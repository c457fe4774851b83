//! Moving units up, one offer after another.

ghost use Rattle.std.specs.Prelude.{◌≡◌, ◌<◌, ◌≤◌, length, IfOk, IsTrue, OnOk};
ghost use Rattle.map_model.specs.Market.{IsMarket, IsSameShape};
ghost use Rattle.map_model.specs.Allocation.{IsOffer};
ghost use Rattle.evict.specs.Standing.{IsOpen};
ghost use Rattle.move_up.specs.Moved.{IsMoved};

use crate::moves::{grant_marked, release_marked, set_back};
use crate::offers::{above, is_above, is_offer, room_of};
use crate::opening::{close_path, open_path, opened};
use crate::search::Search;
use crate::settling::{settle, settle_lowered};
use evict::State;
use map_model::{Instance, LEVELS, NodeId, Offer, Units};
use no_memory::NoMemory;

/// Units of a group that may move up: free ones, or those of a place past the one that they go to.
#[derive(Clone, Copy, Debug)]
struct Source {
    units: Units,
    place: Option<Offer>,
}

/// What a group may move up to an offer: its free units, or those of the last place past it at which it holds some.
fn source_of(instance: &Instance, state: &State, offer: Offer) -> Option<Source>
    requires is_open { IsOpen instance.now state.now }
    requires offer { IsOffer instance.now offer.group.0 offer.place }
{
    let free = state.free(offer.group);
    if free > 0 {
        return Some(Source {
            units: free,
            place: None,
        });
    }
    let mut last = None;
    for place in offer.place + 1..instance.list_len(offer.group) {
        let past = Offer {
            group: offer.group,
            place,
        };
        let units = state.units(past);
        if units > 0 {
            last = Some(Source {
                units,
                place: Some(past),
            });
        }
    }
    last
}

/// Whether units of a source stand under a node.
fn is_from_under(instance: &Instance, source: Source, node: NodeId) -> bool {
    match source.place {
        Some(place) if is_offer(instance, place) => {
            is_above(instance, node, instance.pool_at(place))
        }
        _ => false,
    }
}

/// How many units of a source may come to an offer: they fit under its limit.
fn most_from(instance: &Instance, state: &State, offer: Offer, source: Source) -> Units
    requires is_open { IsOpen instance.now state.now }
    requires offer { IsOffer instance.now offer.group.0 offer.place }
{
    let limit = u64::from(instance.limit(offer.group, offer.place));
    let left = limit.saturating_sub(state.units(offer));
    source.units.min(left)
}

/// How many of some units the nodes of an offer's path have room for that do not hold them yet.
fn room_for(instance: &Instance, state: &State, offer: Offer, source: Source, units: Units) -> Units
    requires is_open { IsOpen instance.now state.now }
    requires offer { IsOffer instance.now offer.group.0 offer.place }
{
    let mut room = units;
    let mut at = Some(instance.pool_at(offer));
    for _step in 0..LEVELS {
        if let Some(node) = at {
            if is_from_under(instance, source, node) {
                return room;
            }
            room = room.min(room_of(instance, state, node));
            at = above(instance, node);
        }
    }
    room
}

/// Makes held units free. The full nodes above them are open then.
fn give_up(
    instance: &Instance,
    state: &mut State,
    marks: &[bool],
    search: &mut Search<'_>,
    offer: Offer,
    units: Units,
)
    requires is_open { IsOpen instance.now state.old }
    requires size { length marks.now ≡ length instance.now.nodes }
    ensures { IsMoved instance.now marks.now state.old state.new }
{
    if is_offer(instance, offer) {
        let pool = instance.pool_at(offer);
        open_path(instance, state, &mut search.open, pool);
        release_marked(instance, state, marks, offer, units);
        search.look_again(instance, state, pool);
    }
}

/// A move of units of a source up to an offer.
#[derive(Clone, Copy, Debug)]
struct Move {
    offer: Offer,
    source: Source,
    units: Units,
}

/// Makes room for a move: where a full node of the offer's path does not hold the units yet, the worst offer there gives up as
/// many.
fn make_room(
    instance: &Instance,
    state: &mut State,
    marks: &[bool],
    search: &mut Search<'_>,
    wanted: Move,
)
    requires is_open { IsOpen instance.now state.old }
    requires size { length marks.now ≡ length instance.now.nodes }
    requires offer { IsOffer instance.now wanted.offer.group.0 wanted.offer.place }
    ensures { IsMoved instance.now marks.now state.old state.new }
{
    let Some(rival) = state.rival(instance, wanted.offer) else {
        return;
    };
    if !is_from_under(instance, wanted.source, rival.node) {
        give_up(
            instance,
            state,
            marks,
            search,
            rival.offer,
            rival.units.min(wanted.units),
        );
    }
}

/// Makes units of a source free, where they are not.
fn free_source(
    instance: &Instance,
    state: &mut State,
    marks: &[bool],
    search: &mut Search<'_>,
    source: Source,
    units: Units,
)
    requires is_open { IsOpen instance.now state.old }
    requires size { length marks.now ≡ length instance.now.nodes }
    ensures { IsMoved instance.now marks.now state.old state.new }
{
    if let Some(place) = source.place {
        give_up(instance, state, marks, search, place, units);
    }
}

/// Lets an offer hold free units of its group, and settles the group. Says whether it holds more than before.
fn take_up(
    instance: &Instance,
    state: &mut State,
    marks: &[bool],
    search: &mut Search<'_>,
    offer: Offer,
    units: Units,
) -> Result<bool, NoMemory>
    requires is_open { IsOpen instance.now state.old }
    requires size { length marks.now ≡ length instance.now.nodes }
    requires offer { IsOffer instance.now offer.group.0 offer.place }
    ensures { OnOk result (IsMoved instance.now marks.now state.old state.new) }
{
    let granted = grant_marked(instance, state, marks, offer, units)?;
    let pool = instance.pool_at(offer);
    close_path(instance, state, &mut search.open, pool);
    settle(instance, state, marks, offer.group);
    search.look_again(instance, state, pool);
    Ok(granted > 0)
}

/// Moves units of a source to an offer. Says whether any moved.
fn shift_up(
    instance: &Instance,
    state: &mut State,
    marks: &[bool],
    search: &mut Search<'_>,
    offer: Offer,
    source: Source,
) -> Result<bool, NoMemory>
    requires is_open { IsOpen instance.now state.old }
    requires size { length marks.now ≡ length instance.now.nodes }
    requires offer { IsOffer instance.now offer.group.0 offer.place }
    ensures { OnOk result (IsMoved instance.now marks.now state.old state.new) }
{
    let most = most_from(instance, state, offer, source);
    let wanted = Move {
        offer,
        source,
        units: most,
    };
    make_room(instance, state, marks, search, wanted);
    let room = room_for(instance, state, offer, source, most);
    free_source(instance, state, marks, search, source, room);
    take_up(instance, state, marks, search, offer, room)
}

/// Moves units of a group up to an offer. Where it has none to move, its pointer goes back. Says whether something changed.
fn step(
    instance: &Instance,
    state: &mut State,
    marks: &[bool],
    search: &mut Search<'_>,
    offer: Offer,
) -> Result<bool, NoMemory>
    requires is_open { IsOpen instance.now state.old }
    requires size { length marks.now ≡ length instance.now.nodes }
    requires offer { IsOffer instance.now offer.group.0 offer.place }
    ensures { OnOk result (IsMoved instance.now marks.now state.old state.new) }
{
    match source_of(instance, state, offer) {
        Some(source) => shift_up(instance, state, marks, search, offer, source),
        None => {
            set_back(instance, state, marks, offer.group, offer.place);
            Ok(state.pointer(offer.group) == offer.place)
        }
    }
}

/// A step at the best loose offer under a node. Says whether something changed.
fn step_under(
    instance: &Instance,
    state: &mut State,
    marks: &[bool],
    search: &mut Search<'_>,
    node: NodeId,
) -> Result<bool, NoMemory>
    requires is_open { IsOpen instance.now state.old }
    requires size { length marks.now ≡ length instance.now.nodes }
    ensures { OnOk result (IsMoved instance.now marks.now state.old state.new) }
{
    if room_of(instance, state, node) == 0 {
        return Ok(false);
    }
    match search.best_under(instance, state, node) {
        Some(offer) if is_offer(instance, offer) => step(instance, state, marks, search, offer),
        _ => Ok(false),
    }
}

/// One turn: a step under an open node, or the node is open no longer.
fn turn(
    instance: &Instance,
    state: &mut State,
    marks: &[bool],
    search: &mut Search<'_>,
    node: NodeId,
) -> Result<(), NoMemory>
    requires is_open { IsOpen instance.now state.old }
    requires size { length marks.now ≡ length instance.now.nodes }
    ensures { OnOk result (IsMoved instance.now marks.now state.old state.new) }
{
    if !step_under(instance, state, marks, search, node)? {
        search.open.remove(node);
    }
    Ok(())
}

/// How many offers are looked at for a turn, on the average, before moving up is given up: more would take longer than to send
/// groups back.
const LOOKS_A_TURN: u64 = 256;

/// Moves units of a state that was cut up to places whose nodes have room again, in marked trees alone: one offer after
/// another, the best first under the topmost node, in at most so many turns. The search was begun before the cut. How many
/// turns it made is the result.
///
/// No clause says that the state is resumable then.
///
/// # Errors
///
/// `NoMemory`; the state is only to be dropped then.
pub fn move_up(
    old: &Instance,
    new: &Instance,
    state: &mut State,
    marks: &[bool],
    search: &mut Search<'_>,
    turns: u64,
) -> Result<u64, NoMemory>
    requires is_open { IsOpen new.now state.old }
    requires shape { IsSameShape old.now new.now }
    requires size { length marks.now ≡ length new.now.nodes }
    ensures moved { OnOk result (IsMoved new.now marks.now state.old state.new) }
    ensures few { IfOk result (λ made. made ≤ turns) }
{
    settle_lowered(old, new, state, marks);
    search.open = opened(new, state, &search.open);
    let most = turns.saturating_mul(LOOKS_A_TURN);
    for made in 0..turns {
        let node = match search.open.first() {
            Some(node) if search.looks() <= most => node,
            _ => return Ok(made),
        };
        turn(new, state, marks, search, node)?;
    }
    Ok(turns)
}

────────

Exercise description - All lines of the listing that contain the word "last" should be copied out.

Task solution -
/// What a group may move up to an offer: its free units, or those of the last place past it at which it holds some.
    let mut last = None;
            last = Some(Source {
    last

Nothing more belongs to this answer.